(REQUIRED WORK)
Reproduce, exactly as they appear, the line containing "and this record." and every line after it, ending with the last line of the records.

::: MATERIAL TO PROCESS

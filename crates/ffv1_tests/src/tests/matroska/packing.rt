//! Videos that are packed into Matroska: what is written of a whole one, and before a fault.

use super::written_example::EXAMPLE;
use crate::tests::orders::NO_COLOUR;
use ffv1_engine::{
    Choice, CodecIdChoice, CoderChoice, Fault, PackedMatroska, Profile, pack_matroska,
};
use ffv1_reads::FileFault;
use ffv1_wire::{FromRead, ToMemory};
use std::alloc::Allocator;
use std::process::Abort;
use std::test::Fail;

const PLAIN: Choice = Choice {
    coder: CoderChoice::Standard,
    large: false,
    columns: 1,
    rows: 1,
    default_grid: false,
    ec: false,
    rate: 50,
    scale: 2,
    verify: false,
    codec_id: CodecIdChoice::Native,
    codec_id_given: false,
    rate_given: false,
    colour: NO_COLOUR,
};

/// The video of the example.
const ONE: &[u8] = b"YUV4MPEG2 W1 H1 Cmono\nFRAME\n\0";

/// Where the Cluster of its frame ends.
const BEGUN: usize = 354;

/// Texts and their faults, and whether the Cluster of the example's frame is written before.
static FAULTS: [(&[u8], Fault, bool); 9] = [
    (b"", Fault::Text(ffv1_y4m::Fault::Header), false),
    (b"YUV4MPEG2 W2\n", Fault::Text(ffv1_y4m::Fault::Tag), false),
    (b"YUV4MPEG2 W1 H1 Cmono\n", Fault::NoFrames, false),
    (
        b"YUV4MPEG2 W1 H1 F50:2 Cmono\nFRAMX",
        Fault::File(FileFault::Rate),
        false,
    ),
    (b"P6\n1 1\n255\n\0\0", Fault::File(FileFault::Rate), false),
    (
        b"YUV4MPEG2 W1 H1 Cmono\nFRAME\n",
        Fault::Text(ffv1_y4m::Fault::FrameTruncated),
        false,
    ),
    (
        b"YUV4MPEG2 W1 H1 Cmono\nFRAME\n\0FRAME\n",
        Fault::Text(ffv1_y4m::Fault::FrameTruncated),
        true,
    ),
    (
        b"YUV4MPEG2 W1 H1 Cmono\nFRAME\n\0FRAMX",
        Fault::Text(ffv1_y4m::Fault::FrameLine),
        true,
    ),
    (
        b"YUV4MPEG2 W1 H1 Cmono\nFRAME\n\0\0",
        Fault::Text(ffv1_y4m::Fault::FrameLine),
        true,
    ),
];

#[test]
fn finishes(rt: HostRuntime) -> Result<(), Fail> {
    let mut output = ToMemory::new(rt.alloc());
    let mut input = FromRead::new(ONE);
    let packed = pack_matroska(rt.alloc(), Profile::Wide, &mut input, &mut output, &PLAIN)?;
    let want = PackedMatroska {
        frames: 1,
        bytes: 5,
        finished: true,
    };
    assert!(rt; packed == want);
    assert!(rt; output.bytes() == EXAMPLE.as_slice());
    Ok(())
}

/// CodecID of Video for Windows.
const CODEC_ID: &[u8] = b"\x86\x8FV_MS/VFW/FOURCC";

/// What FFmpeg writes before a record of 26 bytes, of pictures of 1 by 1, for the codec ID of Video
/// for Windows.
const HEADER: &[u8] =
    b"\x42\0\0\0\x01\0\0\0\x01\0\0\0\x01\0\x18\0FFV1\x03\0\0\0\0\0\0\0\0\0\0\0\0\0\0\0\0\0\0\0";

#[test]
fn codec_id_of_video_for_windows(rt: HostRuntime) -> Result<(), Fail> {
    let mut output = ToMemory::new(rt.alloc());
    let mut input = FromRead::new(ONE);
    let choice = Choice {
        codec_id: CodecIdChoice::Vfw,
        ..PLAIN
    };
    let packed = pack_matroska(rt.alloc(), Profile::Wide, &mut input, &mut output, &choice)?;
    assert!(rt; packed.bytes == 5);
    assert!(rt; output.bytes().len() == 448);
    assert!(rt; output.bytes()[247..264] == CODEC_ID[..]);
    assert!(rt; output.bytes()[291..331] == HEADER[..]);
    assert!(rt; output.bytes()[331..357] == EXAMPLE[282..308]);
    Ok(())
}

/// A refused text: its fault, and what is written before it.
fn refuses<A: Allocator + Copy>(rt: &impl Abort, alloc: A, text: &[u8], fault: Fault, begun: bool) {
    let mut output = ToMemory::new(alloc);
    let mut input = FromRead::new(text);
    let answer = pack_matroska(alloc, Profile::Wide, &mut input, &mut output, &PLAIN);
    assert!(rt; answer == Err(fault));
    if begun {
        assert!(rt; output.bytes().len() == BEGUN);
        assert!(rt; output.bytes()[200..] == EXAMPLE[200..BEGUN]);
    } else {
        assert!(rt; output.bytes().is_empty());
    }
}

#[test]
fn faults(rt: HostRuntime) {
    for (text, fault, begun) in FAULTS {
        refuses(&rt, rt.alloc(), text, fault, begun);
    }
}
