//! A file that is read, frame by frame.

use super::written_example::{EXAMPLE, FRAME};
use ffv1_matroska::MatroskaReader;
use ffv1_reads::{FileFault, FileHead};
use ffv1_wire::{ByteIn, FromRead};
use std::alloc::Allocator;
use std::process::Abort;
use std::test::Fail;

/// How many frames are given, and then the fault that is met, or the end.
type Frames = (u32, Option<FileFault>);

/// Reads a file's frames, up to its end or its first fault, which come again.
pub(super) fn frames_of<R: ByteIn, A: Allocator + Copy>(alloc: A, input: &mut R) -> Frames {
    let mut reader = match MatroskaReader::open(alloc, input) {
        Ok(reader) => reader,
        Err(fault) => return (0, Some(fault)),
    };
    let mut frame = Vec::new(alloc);
    let mut count = 0u32;
    for _ in 0..9u32 {
        match reader.next_frame(input, &mut frame) {
            Ok(true) => count = count.saturating_add(u32::from(frame.as_slice() == FRAME)),
            Ok(false) => return (count, None),
            Err(fault) => {
                let again = reader.next_frame(input, &mut frame) == Err(fault);
                if again && frame.is_empty() {
                    return (count, Some(fault));
                }
                return (count, None);
            }
        }
    }
    (count, None)
}

/// The head has these numbers (width, height, rate and scale) and this record.
fn has_numbers(rt: &impl Abort, head: &FileHead, numbers: (u32, u32, u32, u32), record: &[u8]) {
    let same = head.config_record.as_slice() == record;
    let found = (head.width, head.height, head.rate, head.scale);
    assert!(rt; (found, same) == (numbers, true));
}

/// The smallest file that a writer makes.
#[test]
fn smallest(rt: HostRuntime) -> Result<(), Fail> {
    let mut input = FromRead::new(EXAMPLE.as_slice());
    let mut reader = MatroskaReader::open(rt.alloc(), &mut input)?;
    has_numbers(&rt, reader.head(), (1, 1, 0, 0), &EXAMPLE[282..308]);
    assert!(rt; reader.segment() == Some(347));
    let mut frame = Vec::new(rt.alloc());
    while reader.next_frame(&mut input, &mut frame)? {
        assert!(rt; frame.as_slice() == FRAME);
    }
    Ok(())
}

::::::

(SOLUTION TO THIS TASK)
/// The head has these numbers (width, height, rate and scale) and this record.
fn has_numbers(rt: &impl Abort, head: &FileHead, numbers: (u32, u32, u32, u32), record: &[u8]) {
    let same = head.config_record.as_slice() == record;
    let found = (head.width, head.height, head.rate, head.scale);
    assert!(rt; (found, same) == (numbers, true));
}

/// The smallest file that a writer makes.
#[test]
fn smallest(rt: HostRuntime) -> Result<(), Fail> {
    let mut input = FromRead::new(EXAMPLE.as_slice());
    let mut reader = MatroskaReader::open(rt.alloc(), &mut input)?;
    has_numbers(&rt, reader.head(), (1, 1, 0, 0), &EXAMPLE[282..308]);
    assert!(rt; reader.segment() == Some(347));
    let mut frame = Vec::new(rt.alloc());
    while reader.next_frame(&mut input, &mut frame)? {
        assert!(rt; frame.as_slice() == FRAME);
    }
    Ok(())
}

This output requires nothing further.